Based on the survey data, Applied Materials could anticipate saving over half a million hours a year by having a more efficient information retrieval capability—time that could be redirected toward service tasks instead of in searching for information. In addition, customer downtime would be reduced because of more rapid servicing of equipment. EIS developed a multi-year road map to develop a virtual repository and portal, which led to the next phase of the project.
In the second phase, EIS developed an information architecture to address the need for structure and consistency across the different repositories, creating a single virtual and easily searchable repository. In this part of the project, a taxonomy and metadata framework was designed and implemented, a publishing strategy was developed, and an information governance method for auto-categorizing content was established. The governance program also ensured the protection of intellectual property of both Applied Materials and its customers. Over 30 taxonomies were developed to reflect the information contained in Applied Materials’ repositories. These included categories related to the company’s products, documents, geographical regions and technologies.
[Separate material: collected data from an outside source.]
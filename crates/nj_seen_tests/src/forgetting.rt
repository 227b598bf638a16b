//! Three generations of 1, 300 and 400 keys in 1,024 slots: room for 400 more keys takes the first two.

ghost use Rattle.std.specs.Prelude.{◌≡◌, ◌≢◌, ◌≤◌, ◌<◌, ◌^◌, length, IfOk};
ghost use Rattle.std.specs.List.{All};
ghost use Rattle.nj_claims.specs.Tables.{IsTable, entries_in};
ghost use Rattle.nj_seen.specs.Held.{first_claim};

use nj_claims::{ClaimTable, Claimed, Pass, empty_table, owner_of};
use nj_seen::{
    FIRST_CLAIM, Row, Seq, Verdict3, add_keys, fresh, generations, keys_of, publish, room,
    table_of, unseen,
};
use std::alloc::{AllocError, Global};
use std::test::Fail;

// Claims the keys from `first` up to `end`, each for its own number.
fn claim_keys(table: &ClaimTable, pass: &mut Pass, first: u64, end: u64)
    requires own { pass.old.table ≡ table.now.id }
    requires keys { (0 < first) × (end < 2 ^ 32) }
    ensures same { (pass.new.table ≡ pass.old.table) × (pass.new.is_root ≡ pass.old.is_root)
        × (pass.new.out ≡ pass.old.out) }
{
    for key in first..end {
        let _claimed = table.claim(pass, key, FIRST_CLAIM + key);
    }
}

// Publishes a step, which leaves steps alone as owners.
fn publish_step(words: &mut [u64], step: u64)
    requires table { IsTable words.old }
    requires step { step < first_claim }
    ensures table { IsTable words.new }
    ensures size { length words.new ≡ length words.old }
    ensures steps { All (λ entry. entry.1 < first_claim) (entries_in words.new) }
{
    publish(words, step);
}

// The table with one generation more, of these keys.
fn with_generation(
    alloc: Global,
    words: Vec<u64>,
    first: u64,
    end: u64,
    step: u64,
) -> Result<Vec<u64>, AllocError>
    requires table { IsTable words.items }
    requires keys { (0 < first) × (end < 2 ^ 32) }
    requires step { step < first_claim }
    ensures table { IfOk result (λ after. IsTable after.items) }
    ensures size { IfOk result (λ after. length after.items ≡ length words.items) }
    ensures steps { IfOk result (λ after. All (λ entry. entry.1 < first_claim) (entries_in after.items)) }
{
    let (table, mut pass) = ClaimTable::open(alloc, words)?;
    claim_keys(&table, &mut pass, first, end);
    let mut after = table.close(pass);
    publish_step(after.as_mut_slice(), step);
    Ok(after)
}

// The three generations.
fn three_generations(alloc: Global) -> Result<Vec<u64>, AllocError>
    ensures table { IfOk result (λ words. IsTable words.items) }
    ensures size { IfOk result (λ words. length words.items ≡ 2048) }
    ensures steps { IfOk result (λ words. All (λ entry. entry.1 < first_claim) (entries_in words.items)) }
{
    let none = empty_table(alloc, 10)?;
    let one = with_generation(alloc, none, 1, 2, 0)?;
    let two = with_generation(alloc, one, 2, 302, 1)?;
    with_generation(alloc, two, 302, 702, 2)
}

fn row(number: u64, key: u64) -> Row
    ensures { result.number ≡ number }
{
    Row {
        number,
        key,
        reward: 0,
        level: 0,
        verdict: Verdict3::Go,
        pad: 0,
        bucket: [0; 4],
    }
}

#[test]
fn forgotten_keys_are_fresh_to_claims(rt: HostRuntime) -> Result<(), Fail> {
    let words = three_generations(rt.alloc())?;
    let rest = room(rt.alloc(), &words, 2, 200)?;
    assert!(rt; owner_of(&rest, 1).is_none());
    assert!(rt; owner_of(&rest, 301).is_none());
    assert!(rt; owner_of(&rest, 701) == Some(2));
    let (table, mut pass) = ClaimTable::open(rt.alloc(), rest)?;
    assert!(rt; table.claim(&mut pass, 301, FIRST_CLAIM + 7) == Claimed::Least);
    assert!(rt; table.claim(&mut pass, 701, FIRST_CLAIM + 8) == Claimed::Before(2));
    let mut closed = table.close(pass);
    assert!(rt; fresh(&closed, &row(7, 301)));
    assert!(rt; !fresh(&closed, &row(8, 701)));
    publish(&mut closed, 3);
    assert!(rt; owner_of(&closed, 301) == Some(3));
    assert!(rt; owner_of(&closed, 701) == Some(2));
    Ok(())
}

#[test]
fn forgotten_keys_are_fresh_to_one_thread(rt: HostRuntime) -> Result<(), Fail> {
    let words = three_generations(rt.alloc())?;
    let rows = [row(7, 301), row(8, 701), row(9, 301)];
    let fresh = unseen(rt.alloc(), &rows, &words, 2)?;
    let keys = keys_of(rt.alloc(), &fresh)?;
    assert!(rt; keys.as_slice() == [301_u64].as_slice());
    let mut rest = room(rt.alloc(), &words, 1, 324)?;
    assert!(rt; owner_of(&rest, 1).is_none());
    assert!(rt; owner_of(&rest, 301) == Some(1));
    add_keys(&mut rest, &[1], 3);
    assert!(rt; owner_of(&rest, 1) == Some(3));
    Ok(())
}

#[test]
fn a_generation_comes_back(rt: HostRuntime) -> Result<(), Fail> {
    let newest = Seq::from_vec(vec![in rt.alloc(); 7]?);
    let seen = Seq::from_vec(vec![in rt.alloc(); newest]?);
    let (words, keys) = table_of(rt.alloc(), 10, &seen, 5, 1023)?;
    assert!(rt; keys.oldest == 5 && keys.count == 1);
    assert!(rt; owner_of(&words, 7) == Some(5));
    let told = generations(rt.alloc(), &words, keys, 5)?;
    assert!(rt; told.len() == 1);
    assert!(rt; told.as_slice()[0].as_slice() == [7_u64].as_slice());
    Ok(())
}
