// States changed in one part each, and a job told.
ghost use Rattle.std.specs.Prelude.{◌≡◌, IfOk};
ghost use Rattle.telling.specs.Made.{at, waits};

use paper::{Job, Slot, State};
use std::{fmt, io};

// The same state at another slot.
pub fn at(s: State, now: u64) -> State
    ensures { result ≡ at s now }
{
    State {
        now: Slot(now),
        ..s
    }
}

// The same state with this job alone.
pub fn waits(s: State, left: u16, promise: u64) -> State
    ensures { result ≡ waits s left promise }
{
    let mut jobs = s.jobs;
    jobs[0] = Job {
        left,
        promise: Slot(promise),
    };
    State {
        jobs,
        waiting: 1,
        ..s
    }
}

// A job as it is told: its work left and its promise, each behind a blank.
#[derive(Clone, Copy)]
pub struct ToldJob(pub Job);

impl fmt::Display for ToldJob {
    fn fmt<W: fmt::Write>(&self, f: &mut fmt::Formatter<W>) -> fmt::Result {
        write!(f, " {} {}", self.0.left, self.0.promise.0)
    }
}

// A job's work left and its promise.
pub fn say_job(rt: &impl Print, j: Job) -> io::Result<Job>
    ensures { IfOk result (λ x. x ≡ j) }
{
    let told = ToldJob(j);
    print!(rt; "{told}")?;
    Ok(told.0)
}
In order to fully realize the potential of the taxonomies, an ontology was developed. While a taxonomy organizes information within a domain, an ontology is a conceptual framework that enriches the use of the information by specifying connections among different information elements. At the most basic level, it defines vocabularies such as equivalencies among terminologies. In addition it encompasses the hierarchies in the taxonomies. Finally, it defines relationships among elements in the taxonomies. EIS assisted Applied Materials in defining the elements of the ontology.
Considerable work was required to implement the ontology in multiple systems and processes; incorporate it into workflows for content publication and approval; connect it to enterprise resource planning and digital asset management systems for visual part identification; and incorporate dozens of content libraries by ingesting them, automatically classifying content, and manually mapping relationships. But once this work was complete, the architecture of the Applied Materials solution allowed field technicians to get the information they needed when they needed it. It helped them locate exactly what would be most useful by building logical groupings of content—surfacing the troubleshooting guides according to the process the tech would be troubleshooting, for example. The ontology enabled this by creating hierarchies—lists of concepts that are grouped logically—so that technicians could scan groupings and infer what they needed just by scanning the list.
These hierarchies also allowed ambiguous queries to be clarified by asking questions about the parts and their applications. When they searched, the search results were grouped in a way that made sense to the technician—that fit their “mental model” of the problem and solution. These changes enabled the computer to give the technicians what they were seeking using the terms they were likely to be thinking about, rather than forcing them to root through masses of information with terms they might not recognize, organized in incompatible ways more accessible to computers than to humans.
The result was a unified information access application system that reduced the time that field technicians spent searching for information by half. The technicians responded favorably to the new system. In addition, the accuracy of search results was improved. Technicians were able to reduce their component and replacement part inventories and speed turnaround time for down fabrication plants. The rules-based classification protected IP for both Applied Materials and its customers. And Applied Materials estimated their savings at tens of millions of dollars per year.